In the QA world, creating test cases with your customer in mind is critical. Many businesses rely on push notifications to engage and retain their audience, so testing and verifying that notifications work as expected is important.
This guide explores five Android push notification test cases that should be included in any test plan and be ready to run in smoke tests. To ensure that users will receive your push notifications when and as intended, you should ensure your test plan can confirm all of the following:
- Push notifications work in all states.
- Deep links work when clicked.
- Notifications work for multiple languages and time zones.
- Haptics work as intended.
- Customers get push notifications when not logged in.

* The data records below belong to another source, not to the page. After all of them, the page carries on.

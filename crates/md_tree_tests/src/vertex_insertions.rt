//! Vertices that are added to small cographs, and deleted.
ghost use Rattle.std.specs.Prelude.{◌≡◌, ◌<◌, IsTrue};
ghost use Rattle.std.specs.List.{All};
ghost use Rattle.std.specs.List.Sorted.{IsStrictlyIncreasing};
ghost use Rattle.md_graph.specs.Sets.{Has};
ghost use Rattle.md_cotree.specs.Cotrees.{IsSoundCotree, Denotes};

use crate::edge_edits::{plain, read};
use crate::vertex_deletions::delete_in_text;
use md_cotree::{Cotree, from_tree};
use md_cotree_edit::{add_edge, add_vertex};
use md_graph::{Graph, NAMES, Steps};
use md_modules::find_p4;
use md_tree::{graph_of, text};
use std::alloc::Global;
use std::marker::Brand;
use std::process::Abort;
use std::sync::ledger::{Blank, Ledger};
use std::test::Fail;

// Whether all names are vertices.
fn are_there(graph: &Graph, names: &[u32]) -> bool
    ensures { IsTrue result → All (Has graph.now.vertices) names.now }
{
    for name in names {
        if !graph.has_vertex(*name) {
            return false;
        }
    }
    true
}

// Whether each name is less than the next.
fn ascend(names: &[u32]) -> bool
    ensures { IsTrue result → IsStrictlyIncreasing names.now }
{
    for i in 1..names.len() {
        if names[i - 1] >= names[i] {
            return false;
        }
    }
    true
}

// Adds a vertex to those that there are; whether that was done.
pub(crate) fn insert_vertex<L: Ledger>(
    cotree: &mut Cotree,
    graph: &Graph,
    x: u32,
    names: &[u32],
    blank: Blank,
) -> bool
    requires name { blank.name ≡ L.name }
    requires parts { blank.parts ≡ L.parts }
    requires some { 0 < blank.parts }
    requires denotes { Denotes cotree.old graph.now }
    ensures { IsSoundCotree cotree.new }
{
    let mut steps = Steps::<L>::new(blank);
    if x >= NAMES || graph.has_vertex(x) || !are_there(graph, names) || !ascend(names) {
        return false;
    }
    add_vertex(cotree, x, names, &mut steps).is_ok()
}

// Whether a vertex was added to the tree with this text, and the text of the tree then.
fn insert_in_text(
    rt: &impl Abort,
    alloc: Global,
    before: &[u8],
    x: u32,
    names: &[u32],
) -> Result<(bool, Vec<u8>), Fail> {
    let tree = read(rt, alloc, before);
    let mut graph = Graph::new(alloc)?;
    graph_of(&tree, &mut graph);
    let mut cotree = from_tree(alloc, &tree)?;
    let done = insert_vertex::<Brand>(&mut cotree, &graph, x, names, Blank::new(1));
    let back = cotree.to_tree(alloc)?;
    let after = text(alloc, &back)?;
    Ok((done, after))
}

#[test]
fn vertices_come(rt: HostRuntime) -> Result<(), Fail> {
    let alloc = rt.alloc();
    let names: [u32; 6] = [0, 1, 2, 3, 0, 2];
    let table = [
        ("empty", 7, 0, 0, true, "7"),
        ("0", 1, 0, 1, true, "S(0,1)"),
        ("S(0,1)", 2, 0, 0, true, "P(S(0,1),2)"),
        ("P(0,1,2)", 3, 0, 2, true, "P(S(P(0,1),3),2)"),
        ("P(0,1,2)", 3, 0, 3, true, "S(P(0,1,2),3)"),
        ("P(0,1,2)", 3, 2, 3, true, "P(0,1,S(2,3))"),
        ("S(0,1,2)", 3, 0, 2, true, "S(0,1,P(2,3))"),
        ("S(0,1,2)", 3, 2, 3, true, "S(P(S(0,1),3),2)"),
        ("S(0,P(1,2))", 3, 0, 2, true, "S(0,P(S(1,3),2))"),
        ("P(S(0,1),S(2,3))", 4, 0, 2, true, "P(S(0,1,4),S(2,3))"),
        ("P(S(0,1),S(2,3))", 4, 1, 3, false, "P(S(0,1),S(2,3))"),
        ("P(S(0,2),S(1,3))", 4, 0, 2, false, "P(S(0,2),S(1,3))"),
        ("S(P(0,1),2)", 3, 4, 6, true, "S(P(S(0,3),1),2)"),
        ("S(P(0,1),2)", 3, 0, 1, false, "S(P(0,1),2)"),
    ];
    for (before, x, from, to, done, after) in &table {
        let (is_done, text) = insert_in_text(
            &rt,
            alloc,
            before.as_bytes(),
            *x,
            &names[*from..*to],
        )?;
        assert_eq!(rt; is_done, *done);
        assert!(rt; text.as_slice() == after.as_bytes());
    }
    Ok(())
}

// Adds a vertex and edges between it and names to the graph.
fn join(rt: &impl Abort, graph: &mut Graph, x: u32, names: &[u32]) {
    assert!(rt; x < NAMES);
    assert!(rt; !graph.has_vertex(x));
    graph.add_vertex(x);
    for name in names {
        assert!(rt; *name != x);
        assert!(rt; graph.has_vertex(x));
        assert!(rt; graph.has_vertex(*name));
        assert!(rt; !graph.has_edge(x, *name));
        graph.add_edge(x, *name);
    }
}

// Sees that two graphs on the first names are equal.
fn are_same(rt: &impl Abort, first: &Graph, second: &Graph) {
    assert!(rt; first.vertices().is_same(second.vertices()));
    for w in 0..5 {
        assert!(rt; first.row(w).is_same(second.row(w)));
    }
}

// Sees that adding a vertex came to what the plain change of the graph tells: it is done exactly
// where the changed graph is a cograph, and the tree is then of that graph; else the tree stays.
fn see_grown(
    rt: &impl Abort,
    alloc: Global,
    before: &[u8],
    x: u32,
    names: &[u32],
) -> Result<Option<Vec<u8>>, Fail> {
    let (done, after) = insert_in_text(rt, alloc, before, x, names)?;
    let mut graph = plain(rt, alloc, before)?;
    join(rt, &mut graph, x, names);
    if find_p4(&graph).is_some() {
        assert!(rt; !done);
        assert!(rt; before == after.as_slice());
        return Ok(None);
    }
    assert!(rt; done);
    let other = plain(rt, alloc, &after)?;
    are_same(rt, &graph, &other);
    Ok(Some(after))
}

// Sees that deleting a vertex came to what the plain change of the graph tells.
fn see_left(rt: &impl Abort, alloc: Global, before: &[u8], x: u32) -> Result<(), Fail> {
    let after = delete_in_text(rt, alloc, before, x)?;
    let mut graph = plain(rt, alloc, before)?;
    assert!(rt; graph.has_vertex(x));
    graph.remove_vertex(x);
    let other = plain(rt, alloc, &after)?;
    are_same(rt, &graph, &other);
    Ok(())
}

// The names below `x` whose bits are set.
fn set_of(alloc: Global, x: u32, bits: u32) -> Result<Vec<u32>, Fail> {
    let mut names = Vec::new(alloc);
    let mut left = bits;
    for name in 0..x {
        if left % 2 == 1 {
            names.push(name)?;
        }
        left /= 2;
    }
    Ok(names)
}

// The trees of all cographs on the names up to `x`, from those on the names below it: each is come
// to by one insertion. Each vertex of each of them is deleted too.
fn next_cographs(
    rt: &impl Abort,
    alloc: Global,
    trees: &[Vec<u8>],
    x: u32,
    sets: u32,
) -> Result<Vec<Vec<u8>>, Fail> {
    let mut next = Vec::new(alloc);
    for before in trees {
        for bits in 0..sets {
            let names = set_of(alloc, x, bits)?;
            if let Some(after) = see_grown(rt, alloc, before, x, &names)? {
                for name in 0..x {
                    see_left(rt, alloc, &after, name)?;
                }
                see_left(rt, alloc, &after, x)?;
                next.push(after)?;
            }
        }
    }
    Ok(next)
}

#[test]
fn vertices_of_all_cographs(rt: HostRuntime) -> Result<(), Fail> {
    let alloc = rt.alloc();
    let mut none = Vec::new(alloc);
    none.extend_from_slice(b"empty")?;
    let mut trees = Vec::new(alloc);
    trees.push(none)?;
    for (x, sets, number) in &[(0, 1, 1), (1, 2, 2), (2, 4, 8), (3, 8, 52), (4, 16, 472)] {
        trees = next_cographs(&rt, alloc, &trees, *x, *sets)?;
        assert_eq!(rt; trees.len(), *number);
    }
    Ok(())
}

These test cases mimic scenarios that occur in your customers' daily lives and have a significant impact on your product. In addition, appropriate testing of these cases will ensure good coverage throughout the notification lifecycle and knock off a few edge cases threatening to bypass unnoticed.
1. Push Notifications Work in All States
Verifying that push notifications work in all states is the most basic and most important test case. If you can't verify that push notifications work in common states–e.g., locked, unlocked, app running in background or not–your delivery system has a fatal flaw.
The app you build will be in different states throughout the day. And if you need notifications delivered consistently, your delivery mechanism must work regardless of your app's state.
Most importantly, depending on your business model, push notifications can drive revenue generation. If your customers don't see your notifications, you lose subscribers and potential leads. Getting push notifications is equally important whether the customer's phone is idle or in use, as these states occur consistently throughout the day.
Therefore, if you're part of an Android development team, verifying if a notification is present when a device is unlocked is also recommended and requires minimal code.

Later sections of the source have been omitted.